TASK BRIEF: Lift every line from the entries that includes the word "number".

(Stored data entries)
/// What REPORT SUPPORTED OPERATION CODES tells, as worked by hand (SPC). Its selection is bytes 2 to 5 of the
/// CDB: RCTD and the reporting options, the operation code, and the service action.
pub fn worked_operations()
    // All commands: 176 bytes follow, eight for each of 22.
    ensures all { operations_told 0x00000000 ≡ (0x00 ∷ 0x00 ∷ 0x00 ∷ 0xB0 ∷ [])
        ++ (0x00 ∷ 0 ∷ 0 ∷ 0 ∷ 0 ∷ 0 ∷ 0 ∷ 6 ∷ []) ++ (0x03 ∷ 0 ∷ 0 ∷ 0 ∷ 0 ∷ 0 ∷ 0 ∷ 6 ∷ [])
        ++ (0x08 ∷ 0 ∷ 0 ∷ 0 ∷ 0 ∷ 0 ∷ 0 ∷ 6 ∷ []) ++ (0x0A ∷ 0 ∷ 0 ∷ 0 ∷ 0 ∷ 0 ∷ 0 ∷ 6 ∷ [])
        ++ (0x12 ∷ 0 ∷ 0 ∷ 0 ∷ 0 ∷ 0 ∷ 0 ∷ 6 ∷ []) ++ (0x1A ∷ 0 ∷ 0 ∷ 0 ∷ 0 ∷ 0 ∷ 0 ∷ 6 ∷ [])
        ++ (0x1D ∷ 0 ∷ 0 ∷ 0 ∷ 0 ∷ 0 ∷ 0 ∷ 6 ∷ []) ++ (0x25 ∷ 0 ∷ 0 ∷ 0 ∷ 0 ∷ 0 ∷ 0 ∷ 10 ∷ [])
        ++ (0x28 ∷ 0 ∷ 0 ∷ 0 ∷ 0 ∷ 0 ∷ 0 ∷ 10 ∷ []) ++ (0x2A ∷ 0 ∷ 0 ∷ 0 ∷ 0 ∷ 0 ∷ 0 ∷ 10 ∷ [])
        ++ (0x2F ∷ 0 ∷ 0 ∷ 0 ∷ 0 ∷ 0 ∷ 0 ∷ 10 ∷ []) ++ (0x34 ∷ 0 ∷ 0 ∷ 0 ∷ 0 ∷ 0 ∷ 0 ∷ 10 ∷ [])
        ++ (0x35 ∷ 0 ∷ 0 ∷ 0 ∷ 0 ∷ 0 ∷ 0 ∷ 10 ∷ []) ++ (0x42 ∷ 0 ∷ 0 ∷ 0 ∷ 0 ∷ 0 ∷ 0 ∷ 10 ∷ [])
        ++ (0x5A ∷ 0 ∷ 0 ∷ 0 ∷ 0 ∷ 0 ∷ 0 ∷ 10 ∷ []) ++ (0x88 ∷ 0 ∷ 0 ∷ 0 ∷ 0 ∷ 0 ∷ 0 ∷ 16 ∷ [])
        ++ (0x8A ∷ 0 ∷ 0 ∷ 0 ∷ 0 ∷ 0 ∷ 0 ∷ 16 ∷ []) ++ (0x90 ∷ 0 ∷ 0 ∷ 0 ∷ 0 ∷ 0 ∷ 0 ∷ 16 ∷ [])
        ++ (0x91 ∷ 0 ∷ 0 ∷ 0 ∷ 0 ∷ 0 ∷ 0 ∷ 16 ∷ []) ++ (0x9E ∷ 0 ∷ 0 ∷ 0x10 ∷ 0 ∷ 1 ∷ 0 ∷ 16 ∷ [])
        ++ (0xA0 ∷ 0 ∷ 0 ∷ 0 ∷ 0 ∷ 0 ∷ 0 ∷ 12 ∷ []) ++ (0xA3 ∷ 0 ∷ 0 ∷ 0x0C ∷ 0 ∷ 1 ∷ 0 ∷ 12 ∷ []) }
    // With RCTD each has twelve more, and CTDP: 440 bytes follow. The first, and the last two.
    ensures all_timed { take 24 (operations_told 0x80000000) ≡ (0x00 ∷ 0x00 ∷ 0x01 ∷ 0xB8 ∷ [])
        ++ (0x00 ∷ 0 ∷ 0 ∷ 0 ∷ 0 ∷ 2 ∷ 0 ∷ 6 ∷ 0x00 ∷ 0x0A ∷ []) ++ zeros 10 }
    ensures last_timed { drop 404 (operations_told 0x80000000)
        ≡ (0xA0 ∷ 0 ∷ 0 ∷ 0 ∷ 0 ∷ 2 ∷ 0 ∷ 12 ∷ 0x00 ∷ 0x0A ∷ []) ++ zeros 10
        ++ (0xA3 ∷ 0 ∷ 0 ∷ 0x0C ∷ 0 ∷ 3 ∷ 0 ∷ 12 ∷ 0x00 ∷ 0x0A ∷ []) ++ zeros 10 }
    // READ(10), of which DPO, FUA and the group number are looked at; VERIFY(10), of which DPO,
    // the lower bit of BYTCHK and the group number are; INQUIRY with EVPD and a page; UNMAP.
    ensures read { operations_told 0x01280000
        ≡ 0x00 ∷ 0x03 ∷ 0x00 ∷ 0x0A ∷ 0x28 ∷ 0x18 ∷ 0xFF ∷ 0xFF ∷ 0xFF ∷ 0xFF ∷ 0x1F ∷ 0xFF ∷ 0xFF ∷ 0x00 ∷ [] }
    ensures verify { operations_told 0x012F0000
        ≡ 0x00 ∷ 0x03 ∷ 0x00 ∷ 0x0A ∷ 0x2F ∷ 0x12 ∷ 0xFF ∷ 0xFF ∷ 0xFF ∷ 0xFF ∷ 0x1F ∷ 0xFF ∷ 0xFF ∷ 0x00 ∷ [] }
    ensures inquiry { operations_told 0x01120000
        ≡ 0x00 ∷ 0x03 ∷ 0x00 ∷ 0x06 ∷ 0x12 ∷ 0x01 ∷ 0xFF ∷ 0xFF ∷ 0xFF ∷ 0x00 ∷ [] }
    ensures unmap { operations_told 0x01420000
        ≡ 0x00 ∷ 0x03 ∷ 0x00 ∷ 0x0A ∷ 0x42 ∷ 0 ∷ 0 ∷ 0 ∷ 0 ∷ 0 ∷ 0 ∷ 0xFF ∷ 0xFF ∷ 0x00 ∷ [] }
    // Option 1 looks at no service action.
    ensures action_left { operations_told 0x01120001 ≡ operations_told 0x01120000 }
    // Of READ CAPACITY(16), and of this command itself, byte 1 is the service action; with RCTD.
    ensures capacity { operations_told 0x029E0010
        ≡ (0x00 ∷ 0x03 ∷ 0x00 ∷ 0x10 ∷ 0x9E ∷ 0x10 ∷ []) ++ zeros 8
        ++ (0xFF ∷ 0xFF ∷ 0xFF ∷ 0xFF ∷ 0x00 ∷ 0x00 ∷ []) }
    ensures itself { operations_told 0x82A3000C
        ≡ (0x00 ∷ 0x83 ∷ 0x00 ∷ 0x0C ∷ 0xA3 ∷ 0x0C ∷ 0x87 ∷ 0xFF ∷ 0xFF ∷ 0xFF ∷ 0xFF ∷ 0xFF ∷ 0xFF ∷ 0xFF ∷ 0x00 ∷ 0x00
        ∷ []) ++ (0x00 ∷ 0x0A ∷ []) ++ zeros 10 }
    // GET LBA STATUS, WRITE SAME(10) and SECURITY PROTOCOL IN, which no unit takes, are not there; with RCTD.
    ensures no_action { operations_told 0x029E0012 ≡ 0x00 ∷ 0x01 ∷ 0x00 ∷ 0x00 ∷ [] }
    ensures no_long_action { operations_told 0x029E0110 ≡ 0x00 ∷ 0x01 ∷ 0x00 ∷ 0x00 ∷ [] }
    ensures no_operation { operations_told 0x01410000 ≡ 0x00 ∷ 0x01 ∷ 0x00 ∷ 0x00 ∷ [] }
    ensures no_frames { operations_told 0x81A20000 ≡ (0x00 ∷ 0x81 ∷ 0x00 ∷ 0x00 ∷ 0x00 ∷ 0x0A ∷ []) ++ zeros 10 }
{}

RESPONSE:
    // READ(10), of which DPO, FUA and the group number are looked at; VERIFY(10), of which DPO,
    // the lower bit of BYTCHK and the group number are; INQUIRY with EVPD and a page; UNMAP.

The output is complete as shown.